---------- DATA RECORDS ----------

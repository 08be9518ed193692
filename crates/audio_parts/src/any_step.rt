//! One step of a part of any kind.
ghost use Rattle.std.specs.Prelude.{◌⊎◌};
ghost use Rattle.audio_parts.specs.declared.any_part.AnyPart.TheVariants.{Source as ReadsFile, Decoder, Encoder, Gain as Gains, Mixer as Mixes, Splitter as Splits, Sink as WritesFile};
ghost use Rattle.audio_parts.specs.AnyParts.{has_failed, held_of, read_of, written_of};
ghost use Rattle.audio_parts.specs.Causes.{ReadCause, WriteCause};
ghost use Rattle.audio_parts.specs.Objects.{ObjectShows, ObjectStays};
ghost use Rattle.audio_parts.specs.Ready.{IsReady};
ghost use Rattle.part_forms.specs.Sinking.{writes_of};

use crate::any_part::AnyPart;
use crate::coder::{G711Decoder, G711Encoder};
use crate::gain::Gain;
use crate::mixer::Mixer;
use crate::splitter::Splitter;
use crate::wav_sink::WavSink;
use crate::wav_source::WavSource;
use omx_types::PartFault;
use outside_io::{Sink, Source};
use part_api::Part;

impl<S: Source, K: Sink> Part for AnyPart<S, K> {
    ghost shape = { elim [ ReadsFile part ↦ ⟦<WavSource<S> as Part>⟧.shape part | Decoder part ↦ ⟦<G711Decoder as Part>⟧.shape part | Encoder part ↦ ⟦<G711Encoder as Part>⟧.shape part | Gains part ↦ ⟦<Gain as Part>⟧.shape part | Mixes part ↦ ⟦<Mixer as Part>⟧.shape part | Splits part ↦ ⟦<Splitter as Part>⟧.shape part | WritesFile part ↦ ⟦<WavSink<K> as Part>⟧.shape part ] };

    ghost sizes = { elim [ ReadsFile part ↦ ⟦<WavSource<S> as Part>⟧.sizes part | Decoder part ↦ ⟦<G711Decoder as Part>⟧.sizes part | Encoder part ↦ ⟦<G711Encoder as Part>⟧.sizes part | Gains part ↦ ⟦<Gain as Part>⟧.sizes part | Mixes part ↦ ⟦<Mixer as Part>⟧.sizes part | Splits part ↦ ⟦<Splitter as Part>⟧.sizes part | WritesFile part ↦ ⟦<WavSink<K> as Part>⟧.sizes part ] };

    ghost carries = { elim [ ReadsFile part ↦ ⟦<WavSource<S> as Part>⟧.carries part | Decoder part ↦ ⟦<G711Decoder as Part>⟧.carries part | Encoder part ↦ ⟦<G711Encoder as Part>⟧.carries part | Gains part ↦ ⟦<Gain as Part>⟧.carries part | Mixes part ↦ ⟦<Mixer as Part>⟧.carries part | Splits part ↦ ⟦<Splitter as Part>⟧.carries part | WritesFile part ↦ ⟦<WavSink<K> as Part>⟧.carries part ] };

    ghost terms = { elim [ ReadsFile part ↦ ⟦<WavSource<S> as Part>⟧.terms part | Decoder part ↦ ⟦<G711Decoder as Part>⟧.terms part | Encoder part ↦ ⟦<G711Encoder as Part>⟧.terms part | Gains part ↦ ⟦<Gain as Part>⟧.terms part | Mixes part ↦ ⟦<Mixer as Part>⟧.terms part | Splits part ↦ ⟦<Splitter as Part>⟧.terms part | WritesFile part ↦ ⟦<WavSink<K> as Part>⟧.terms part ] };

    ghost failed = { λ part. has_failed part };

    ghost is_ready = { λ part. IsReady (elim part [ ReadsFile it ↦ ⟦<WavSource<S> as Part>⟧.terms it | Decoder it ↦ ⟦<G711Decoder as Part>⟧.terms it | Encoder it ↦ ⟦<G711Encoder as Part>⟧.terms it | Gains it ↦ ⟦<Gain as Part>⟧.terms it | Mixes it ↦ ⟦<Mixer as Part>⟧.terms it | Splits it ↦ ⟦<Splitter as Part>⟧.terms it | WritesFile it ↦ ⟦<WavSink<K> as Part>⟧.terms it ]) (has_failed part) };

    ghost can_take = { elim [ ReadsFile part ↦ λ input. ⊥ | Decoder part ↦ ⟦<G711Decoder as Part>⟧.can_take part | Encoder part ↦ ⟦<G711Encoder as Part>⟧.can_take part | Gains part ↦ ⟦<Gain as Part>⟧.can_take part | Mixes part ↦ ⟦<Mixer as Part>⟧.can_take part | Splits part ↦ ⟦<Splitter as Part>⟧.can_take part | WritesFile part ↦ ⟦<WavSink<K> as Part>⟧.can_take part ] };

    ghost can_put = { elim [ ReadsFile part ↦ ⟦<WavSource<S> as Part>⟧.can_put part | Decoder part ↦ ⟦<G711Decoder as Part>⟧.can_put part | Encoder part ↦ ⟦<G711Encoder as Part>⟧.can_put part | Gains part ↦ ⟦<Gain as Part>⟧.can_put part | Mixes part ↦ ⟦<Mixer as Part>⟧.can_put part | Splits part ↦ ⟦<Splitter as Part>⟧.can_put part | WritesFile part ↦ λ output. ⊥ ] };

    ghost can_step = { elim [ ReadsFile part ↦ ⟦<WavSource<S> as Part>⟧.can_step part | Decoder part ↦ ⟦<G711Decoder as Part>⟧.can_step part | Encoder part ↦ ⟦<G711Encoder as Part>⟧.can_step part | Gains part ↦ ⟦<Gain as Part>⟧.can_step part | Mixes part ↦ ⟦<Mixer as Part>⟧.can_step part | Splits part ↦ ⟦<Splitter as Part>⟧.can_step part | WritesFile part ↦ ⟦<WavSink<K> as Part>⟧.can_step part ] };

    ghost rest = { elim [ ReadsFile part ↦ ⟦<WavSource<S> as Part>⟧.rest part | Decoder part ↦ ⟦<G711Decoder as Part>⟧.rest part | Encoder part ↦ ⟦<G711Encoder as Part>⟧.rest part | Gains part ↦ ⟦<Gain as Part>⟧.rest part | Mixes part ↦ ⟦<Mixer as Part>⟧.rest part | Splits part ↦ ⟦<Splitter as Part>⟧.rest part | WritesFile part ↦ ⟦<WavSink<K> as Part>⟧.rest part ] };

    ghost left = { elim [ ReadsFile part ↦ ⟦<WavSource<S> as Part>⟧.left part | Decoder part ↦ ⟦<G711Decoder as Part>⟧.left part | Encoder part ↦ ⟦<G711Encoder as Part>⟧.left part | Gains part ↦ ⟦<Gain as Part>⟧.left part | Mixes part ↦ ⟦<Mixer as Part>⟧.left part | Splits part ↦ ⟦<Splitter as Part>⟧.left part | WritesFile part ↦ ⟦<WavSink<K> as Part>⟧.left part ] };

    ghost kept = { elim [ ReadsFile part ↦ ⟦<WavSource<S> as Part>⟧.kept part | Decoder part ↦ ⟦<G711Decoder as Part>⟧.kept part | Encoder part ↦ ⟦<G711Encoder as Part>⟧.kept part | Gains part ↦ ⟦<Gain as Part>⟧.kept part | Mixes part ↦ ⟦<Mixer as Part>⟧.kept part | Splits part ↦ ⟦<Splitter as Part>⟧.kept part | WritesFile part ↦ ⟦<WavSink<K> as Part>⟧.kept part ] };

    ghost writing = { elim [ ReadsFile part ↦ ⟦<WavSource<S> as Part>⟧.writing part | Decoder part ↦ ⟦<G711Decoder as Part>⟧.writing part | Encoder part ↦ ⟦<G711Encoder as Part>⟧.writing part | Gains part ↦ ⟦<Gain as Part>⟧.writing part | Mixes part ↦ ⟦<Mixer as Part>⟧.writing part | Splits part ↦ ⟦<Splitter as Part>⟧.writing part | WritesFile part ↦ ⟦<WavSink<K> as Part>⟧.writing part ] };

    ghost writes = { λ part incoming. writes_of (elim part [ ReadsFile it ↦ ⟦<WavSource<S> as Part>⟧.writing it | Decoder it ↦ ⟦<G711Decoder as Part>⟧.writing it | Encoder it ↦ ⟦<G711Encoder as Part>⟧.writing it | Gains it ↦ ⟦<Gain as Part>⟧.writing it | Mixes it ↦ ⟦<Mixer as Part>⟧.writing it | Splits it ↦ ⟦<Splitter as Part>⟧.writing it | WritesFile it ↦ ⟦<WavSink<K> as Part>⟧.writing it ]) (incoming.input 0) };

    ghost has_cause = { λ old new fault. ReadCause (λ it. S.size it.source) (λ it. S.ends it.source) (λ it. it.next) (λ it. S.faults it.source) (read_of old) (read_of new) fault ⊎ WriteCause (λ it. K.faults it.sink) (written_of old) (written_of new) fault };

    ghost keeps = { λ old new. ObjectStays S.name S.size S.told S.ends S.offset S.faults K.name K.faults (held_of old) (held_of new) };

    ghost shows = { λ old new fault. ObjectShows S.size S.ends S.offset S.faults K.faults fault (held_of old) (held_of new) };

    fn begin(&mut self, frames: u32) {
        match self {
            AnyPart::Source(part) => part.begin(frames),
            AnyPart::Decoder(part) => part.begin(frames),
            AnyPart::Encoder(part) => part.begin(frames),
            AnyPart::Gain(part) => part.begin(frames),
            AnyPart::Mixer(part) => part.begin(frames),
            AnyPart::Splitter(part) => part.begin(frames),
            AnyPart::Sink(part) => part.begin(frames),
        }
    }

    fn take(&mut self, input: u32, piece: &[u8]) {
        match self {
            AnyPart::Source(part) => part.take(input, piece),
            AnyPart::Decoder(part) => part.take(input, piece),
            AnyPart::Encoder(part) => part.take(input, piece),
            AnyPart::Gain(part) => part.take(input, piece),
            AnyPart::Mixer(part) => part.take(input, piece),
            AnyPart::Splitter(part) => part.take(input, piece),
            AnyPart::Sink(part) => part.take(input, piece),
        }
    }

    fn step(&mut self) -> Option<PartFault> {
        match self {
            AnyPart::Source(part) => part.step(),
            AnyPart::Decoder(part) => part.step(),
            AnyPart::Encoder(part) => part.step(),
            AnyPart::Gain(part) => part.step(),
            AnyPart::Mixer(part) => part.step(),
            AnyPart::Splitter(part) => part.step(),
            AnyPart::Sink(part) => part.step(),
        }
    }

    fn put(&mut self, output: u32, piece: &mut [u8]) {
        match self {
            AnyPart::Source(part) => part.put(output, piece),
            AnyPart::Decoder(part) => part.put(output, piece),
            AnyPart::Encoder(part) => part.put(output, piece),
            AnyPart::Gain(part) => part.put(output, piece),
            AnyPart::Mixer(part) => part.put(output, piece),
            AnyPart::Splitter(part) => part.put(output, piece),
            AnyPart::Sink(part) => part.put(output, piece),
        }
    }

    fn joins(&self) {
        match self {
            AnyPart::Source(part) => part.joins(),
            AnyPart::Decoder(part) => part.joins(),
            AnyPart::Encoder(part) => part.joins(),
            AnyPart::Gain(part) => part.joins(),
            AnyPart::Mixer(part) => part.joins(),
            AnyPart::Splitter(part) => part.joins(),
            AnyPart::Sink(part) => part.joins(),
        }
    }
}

----------

DIRECTIONS |
Quote verbatim the opening lines of the listing above, ending with the line where "Part>⟧.carries part ]" appears; include both endpoints and nothing more.

SOLUTION |
repository 08be9518ed193692
filename crates/audio_parts/src/any_step.rt
//! One step of a part of any kind.
ghost use Rattle.std.specs.Prelude.{◌⊎◌};
ghost use Rattle.audio_parts.specs.declared.any_part.AnyPart.TheVariants.{Source as ReadsFile, Decoder, Encoder, Gain as Gains, Mixer as Mixes, Splitter as Splits, Sink as WritesFile};
ghost use Rattle.audio_parts.specs.AnyParts.{has_failed, held_of, read_of, written_of};
ghost use Rattle.audio_parts.specs.Causes.{ReadCause, WriteCause};
ghost use Rattle.audio_parts.specs.Objects.{ObjectShows, ObjectStays};
ghost use Rattle.audio_parts.specs.Ready.{IsReady};
ghost use Rattle.part_forms.specs.Sinking.{writes_of};

use crate::any_part::AnyPart;
use crate::coder::{G711Decoder, G711Encoder};
use crate::gain::Gain;
use crate::mixer::Mixer;
use crate::splitter::Splitter;
use crate::wav_sink::WavSink;
use crate::wav_source::WavSource;
use omx_types::PartFault;
use outside_io::{Sink, Source};
use part_api::Part;

impl<S: Source, K: Sink> Part for AnyPart<S, K> {
    ghost shape = { elim [ ReadsFile part ↦ ⟦<WavSource<S> as Part>⟧.shape part | Decoder part ↦ ⟦<G711Decoder as Part>⟧.shape part | Encoder part ↦ ⟦<G711Encoder as Part>⟧.shape part | Gains part ↦ ⟦<Gain as Part>⟧.shape part | Mixes part ↦ ⟦<Mixer as Part>⟧.shape part | Splits part ↦ ⟦<Splitter as Part>⟧.shape part | WritesFile part ↦ ⟦<WavSink<K> as Part>⟧.shape part ] };

    ghost sizes = { elim [ ReadsFile part ↦ ⟦<WavSource<S> as Part>⟧.sizes part | Decoder part ↦ ⟦<G711Decoder as Part>⟧.sizes part | Encoder part ↦ ⟦<G711Encoder as Part>⟧.sizes part | Gains part ↦ ⟦<Gain as Part>⟧.sizes part | Mixes part ↦ ⟦<Mixer as Part>⟧.sizes part | Splits part ↦ ⟦<Splitter as Part>⟧.sizes part | WritesFile part ↦ ⟦<WavSink<K> as Part>⟧.sizes part ] };

    ghost carries = { elim [ ReadsFile part ↦ ⟦<WavSource<S> as Part>⟧.carries part | Decoder part ↦ ⟦<G711Decoder as Part>⟧.carries part | Encoder part ↦ ⟦<G711Encoder as Part>⟧.carries part | Gains part ↦ ⟦<Gain as Part>⟧.carries part | Mixes part ↦ ⟦<Mixer as Part>⟧.carries part | Splits part ↦ ⟦<Splitter as Part>⟧.carries part | WritesFile part ↦ ⟦<WavSink<K> as Part>⟧.carries part ] };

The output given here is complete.